O Obscuro Fichário dos Artistas Mundanos é um projeto cultural que vai além de um levantamento curioso sobre a cena underground do Recife e o projeto paranoico do Dops pernambucano, que desconfiava de tudo o que não era espelho, de trapezistas de circo a anões vestidos com ternos dois números maiores. Foi lendo o ensaio A Invenção do Nordeste, do historiador Durval Muniz de Albuquerque Junior (também disponível no site obscurofichario), que a pesquisadora Clarice Hoffmann descobriu uma nova cartografia recifense capaz de criar novas narrativas urbanas e desmontar o imaginário de um Nordeste rural.
Pelo levantamento da pesquisadora no arquivo de fichas e prontuários, que agregam desde documentos políticos apreendidos a atas de reunião, passando por panfletos, Recife era a cidade das conspirações, de comunistas perigosos. "Quando li o livro de Durval, me dei conta de que essa cartografia underground era uma ‘cena omitida’ que precisava resgatar, o que me levou a inscrever o projeto no Itaú Cultural."

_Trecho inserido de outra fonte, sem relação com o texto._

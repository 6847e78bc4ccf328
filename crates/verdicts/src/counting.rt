//! How often a request was executed.

ghost use Rattle.std.specs.Prelude.{◌≡◌};
ghost use Rattle.history.specs.Legal as spec;
ghost use Rattle.history.specs.Lists.{count};

use history::Entry;

/// How many entries say that the issue of a number was executed.
pub(crate) fn count_executed<S, Q, R>(number: u64, history: &[Entry<S, Q, R>]) -> usize
    ensures { result ≡ count (spec.executes number) history.now }
{
    let mut times = 0;
    for entry in history {
        if executes(number, entry) {
            times += 1;
        }
    }
    times
}

/// Whether an entry says that the issue of a number was executed.
fn executes<S, Q, R>(number: u64, entry: &Entry<S, Q, R>) -> bool
    ensures { result ≡ spec.executes number entry.now }
{
    match entry {
        Entry::Executed { number: other, .. } => *other == number,
        Entry::Issue { .. }
        | Entry::Answered { .. }
        | Entry::Ended { .. }
        | Entry::Restarted { .. } => false,
    }
}
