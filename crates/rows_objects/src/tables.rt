//! Requests to the table of a site, and its replies: `write 45:1 85 signed 20 at 8 -> done`. They
//! run in their order on the table that opened last.

use crate::opening::{open_table, try_copies, try_site, with_refused};
use crate::sites::Described;
use crate::text::expanded;
use objects::Table;
use primitives::Reply;
use sheets::{
    Counts, Given, Part, Report, Row, Stop, Trial, compare, differs, request_in, try_row, two_words,
};
use std::alloc::{AllocError, Allocator, Global};
use words::Words;

/// How many runs have an allocation refused at most.
const MANY: u64 = 1000;

/// A table, and the request that reads all of it, in words.
#[derive(Drop)]
pub(crate) struct Opened<A: Allocator> {
    pub(crate) table: Table<A>,
    pub(crate) everything: String,
}

/// Runs the rows of a file.
pub(crate) fn run(
    given: Given<'_>,
    rows: &[Row<'_>],
    report: &mut Report<'_>,
) -> Result<(), AllocError> {
    run_within(given, (given.memory, given.other), rows, report)
}

/// Runs the rows of a file on tables that lie in the first memory, with requests in the second: those of `given`.
fn run_within<A: Allocator + Copy>(
    given: Given<'_>,
    memories: (A, A),
    rows: &[Row<'_>],
    report: &mut Report<'_>,
) -> Result<(), AllocError> {
    let mut opened = None;
    for row in rows {
        report.add(row, run_row(given, memories, rows, &mut opened, row))?;
    }
    Ok(())
}

/// Opens the table of a site, or runs a request on the table that opened last. Rows that describe a site
/// are read where it opens.
fn run_row<A: Allocator + Copy>(
    given: Given<'_>,
    memories: (A, A),
    rows: &[Row<'_>],
    opened: &mut Option<Opened<A>>,
    row: &Row<'_>,
) -> Result<Counts, Stop> {
    let Some(wanted) = row.wanted else {
        return Ok(Counts::none());
    };
    let asked = expanded(given.alloc, row.asked)?;
    match asked.strip_prefix("open ") {
        Some(words) => reopen(given, memories, opened, Described { rows, words }, wanted),
        None => run_asked(given, memories.1, opened, asked.as_str(), wanted),
    }
}

/// Opens the table of a site, where it opens, in place of the one that opened last.
fn reopen<A: Allocator + Copy>(
    given: Given<'_>,
    memories: (A, A),
    opened: &mut Option<Opened<A>>,
    described: Described<'_>,
    wanted: &str,
) -> Result<Counts, Stop> {
    *opened = None;
    let counts = try_site(given, described, wanted)?;
    if wanted != "opened" {
        return Ok(counts);
    }
    let table = open_table(given.alloc, memories, described)?;
    let counts = try_copies(given, memories.1, &table, counts)?;
    *opened = Some(table);
    Ok(counts)
}

/// Runs a request on the table that opened last.
fn run_asked<A: Allocator + Copy>(
    given: Given<'_>,
    other: A,
    opened: &mut Option<Opened<A>>,
    request: &str,
    wanted: &str,
) -> Result<Counts, Stop> {
    let wanted = expanded(given.alloc, wanted)?;
    match opened {
        Some(opened) => run_request(given, other, opened, request, wanted.as_str()),
        None => Err(Stop::Unread(Part::Asked)),
    }
}

/// A request, in words, and the table that replies to it.
#[derive(Drop)]
struct Asked<'t, A: Allocator + Copy> {
    table: &'t Table<A>,
    other: A,
    request: &'t str,
}

impl<'t, 'a, A: Allocator + Copy> Trial<'a> for Asked<'t, A> {
    fn answer(&self, given: Given<'a>, _octets: &[u8]) -> Result<String, Stop> {
        replied(given.alloc, self.other, self.table, self.request)
    }
}

/// A reply in words.
fn in_words<A: Allocator>(alloc: Global, reply: &Reply<A>) -> Result<String, Stop> {
    Ok(format!(in alloc; "{}", Words(reply))?)
}

/// What a table replies to a request, both in words. The request lies in other memory.
pub(crate) fn replied<A: Allocator + Copy>(
    alloc: Global,
    other: A,
    table: &Table<A>,
    request: &str,
) -> Result<String, Stop> {
    let request = request_in(other, request)?;
    in_words(alloc, &table.reply(&request)?)
}

/// What a table replies to a request that it does, in words. The memory that the request lies in is
/// refused meanwhile.
fn applied<A: Allocator + Copy>(
    given: Given<'_>,
    other: A,
    table: &mut Table<A>,
    request: &str,
) -> Result<String, Stop> {
    let request = request_in(other, request)?;
    given.other.refuse_all();
    let reply = table.apply(&request);
    given.other.refuse_only(0);
    in_words(given.alloc, &reply?)
}

/// A request and its reply, in words, and what reads all of the table.
#[derive(Clone, Copy)]
struct Done<'w> {
    request: &'w str,
    wanted: &'w str,
    everything: &'w str,
}

/// Does a request on a table.
///
/// # Errors
/// `Differs` where it is not the wanted reply that comes.
fn apply<A: Allocator + Copy>(
    given: Given<'_>,
    other: A,
    table: &mut Table<A>,
    done: Done<'_>,
) -> Result<(), Stop> {
    compare(applied(given, other, table, done.request)?, done.wanted)
}

/// Runs a request: its reply is foretold and given, each of their allocations is refused in turn,
/// and what only reads, or fails, changes nothing.
fn run_request<A: Allocator + Copy>(
    given: Given<'_>,
    other: A,
    opened: &mut Opened<A>,
    request: &str,
    wanted: &str,
) -> Result<Counts, Stop> {
    let Opened { table, everything } = opened;
    let done = Done {
        request,
        wanted,
        everything: everything.as_str(),
    };
    let before = replied(given.alloc, other, table, done.everything)?;
    let counts = foretell(given, other, table, done, before.as_str())?;
    change(given, other, table, done, before.as_str())?;
    Ok(counts)
}

/// A request's reply is foretold, and each allocation is refused in turn, the table's on copies of it.
fn foretell<A: Allocator + Copy>(
    given: Given<'_>,
    other: A,
    table: &Table<A>,
    done: Done<'_>,
    before: &str,
) -> Result<Counts, Stop> {
    let asked = Asked {
        table,
        other,
        request: done.request,
    };
    let counts = try_row(given, &asked, &[], done.wanted)?;
    let refused = refused_in_turn(given, other, table, done, before)?;
    Ok(with_refused(counts, refused))
}

/// A request is done, and leaves what it leaves of a copy; what only reads, or fails, changes nothing.
fn change<A: Allocator + Copy>(
    given: Given<'_>,
    other: A,
    table: &mut Table<A>,
    done: Done<'_>,
    before: &str,
) -> Result<(), Stop> {
    let alone = left_by_copy(given, other, table, done)?;
    if changes_nothing(done.request, done.wanted) && alone.as_str() != before {
        return Err(differs(given.alloc, "a change by a request that makes none"));
    }
    apply(given, other, table, done)?;
    reads(given.alloc, other, table, done.everything, alone.as_str())
}

/// All of a table reads so.
///
/// # Errors
/// `Differs` where it doesn't.
fn reads<A: Allocator + Copy>(
    alloc: Global,
    other: A,
    table: &Table<A>,
    everything: &str,
    wanted: &str,
) -> Result<(), Stop> {
    if replied(alloc, other, table, everything)?.as_str() == wanted {
        return Ok(());
    }
    Err(differs(alloc, "another change than that of the row"))
}

/// How many allocations of a request are refused in turn, each on a copy of the table.
fn refused_in_turn<A: Allocator + Copy>(
    given: Given<'_>,
    other: A,
    table: &Table<A>,
    done: Done<'_>,
    before: &str,
) -> Result<u64, Stop> {
    let mut n = 1u64;
    for refused in 0..MANY {
        let mut copy = table.copy()?;
        if !is_refused(given, other, &mut copy, done, (n, before))? {
            return Ok(refused);
        }
        // Behind the 32nd allocation not each one.
        n = n.saturating_add(1 + n / 32);
    }
    Err(differs(given.alloc, "a call that is refused memory again and again"))
}

/// Whether a request on a table is refused its `n`th allocation; what is read is then as it was
/// before, and the request made again gives its reply.
fn is_refused<A: Allocator + Copy>(
    given: Given<'_>,
    other: A,
    table: &mut Table<A>,
    done: Done<'_>,
    (n, before): (u64, &str),
) -> Result<bool, Stop> {
    if !meets_refusal(given, other, table, done.request, n)? {
        return Ok(false);
    }
    reads(given.alloc, other, table, done.everything, before)?;
    apply(given, other, table, done)?;
    Ok(true)
}

/// Whether a request is refused its `n`th allocation.
fn meets_refusal<A: Allocator + Copy>(
    given: Given<'_>,
    other: A,
    table: &mut Table<A>,
    request: &str,
    n: u64,
) -> Result<bool, Stop> {
    let request = request_in(other, request)?;
    given.memory.refuse_only(n);
    let is_refused = table.apply(&request).is_err();
    let is_waiting = given.memory.is_waiting();
    given.memory.refuse_only(0);
    if is_refused == is_waiting {
        return Err(differs(given.alloc, "want of memory for another cause"));
    }
    Ok(is_refused)
}

/// What a copy of a table reads behind a request, in words. The table stays as it was.
fn left_by_copy<A: Allocator + Copy>(
    given: Given<'_>,
    other: A,
    table: &Table<A>,
    done: Done<'_>,
) -> Result<String, Stop> {
    let mut table = table.copy()?;
    apply(given, other, &mut table, done)?;
    replied(given.alloc, other, &table, done.everything)
}

/// Whether a request with this reply leaves the table as it was: one that only reads, and one that
/// failed at its first write.
fn changes_nothing(request: &str, reply: &str) -> bool {
    let (verb, rest) = two_words(request);
    match verb {
        "read" | "many" => true,
        "write" => reply != "done",
        _ => reply != "done" && !rest.contains(';'),
    }
}
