//! Rows of the conformance statement: `text LABEL -> VALUE` and `markdown LABEL -> VALUE`, what stands behind a label,
//! and `text lines -> N`, how many lines there are. A label that isn't there once gives `no row` or `several rows`.
//!
//! Each row runs again with each allocation refused in turn.

use pics::{Form, write_statement};
use sheets::{Counts, Given, Stop, Trial, differs, try_row};
use std::alloc::Global;
use std::io;

/// Runs a row.
pub(crate) fn run(given: Given<'_>, form: Form, label: &str, wanted: &str) -> Result<Counts, Stop> {
    try_row(given, &Stating { form, label }, &[], wanted)
}

/// What stands behind a label.
#[derive(Clone, Copy)]
struct Stating<'l> {
    form: Form,
    label: &'l str,
}

impl<'a> Trial<'a> for Stating<'_> {
    fn answer(&self, given: Given<'a>, _octets: &[u8]) -> Result<String, Stop> {
        let mut page = Vec::new(given.alloc);
        if let Err(error) = write_statement(given.memory, self.form, &mut page) {
            if error.kind() == io::ErrorKind::OutOfMemory {
                return Err(Stop::Memory);
            }
            return Err(differs(given.alloc, "a failed write"));
        }
        let Ok(page) = std::str::from_utf8(page.as_slice()) else {
            return Err(differs(given.alloc, "what is no text"));
        };
        if self.label == "lines" {
            return Ok(format!(in given.alloc; "{}", page.lines().count())?);
        }
        self.behind(given.alloc, page)
    }
}

impl Stating<'_> {
    /// What stands behind the label on a page.
    fn behind(&self, alloc: Global, page: &str) -> Result<String, Stop> {
        let mut found = "no row";
        for line in page.lines() {
            if let Some(value) = value_in(self.form, self.label, line) {
                found = if found == "no row" {
                    value
                } else {
                    "several rows"
                };
            }
        }
        Ok(String::from_str(alloc, found)?)
    }
}

/// The value of a line that has this label.
fn value_in<'l>(form: Form, label: &str, line: &'l str) -> Option<&'l str> {
    match form {
        Form::Text => line
            .strip_prefix("  ")?
            .strip_prefix(label)?
            .strip_prefix(": "),
        Form::Markdown => line
            .strip_prefix("| ")?
            .strip_prefix(label)?
            .strip_prefix(" | ")?
            .strip_suffix(" |"),
    }
}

Esse projeto cresceu. De novembro do ano passado a este mês, Clarice convocou artistas, coletivos e grupos interessados em retrabalhar essas informações. Saíram dessa seleção três projetos, sendo o primeiro um vídeo, Vaga de Irma Brown, de Francisco Baccaro e Moacyr Campelo (de Pernambuco), que explora o mapeamento dos espaços recifenses fichados pelo Dops (que também fiscalizava bares suspeitos). Um segundo projeto, da carioca Juliana Borzino, examina a relação da livraria de seu bisavô, em Recife, com os intelectuais frequentadores fichados pelo Dops. O terceiro, da pernambucana Marie Carangi, é uma performance/vídeo que evoca o corpo dos artistas perseguidos.
De todos os personagens que circularam pela Recife antiga, a pesquisadora Clarice Hoffmann destaca a do faquir Tahra Bey, ou Krikor Tahra Kalfayan. "Várias pessoas se fizeram passar por ele, que ficou popular e virou tema de um bloco de carnaval." Sua identidade verdadeira: só o Dops sabia.
As informações são do jornal O Estado de S. Paulo.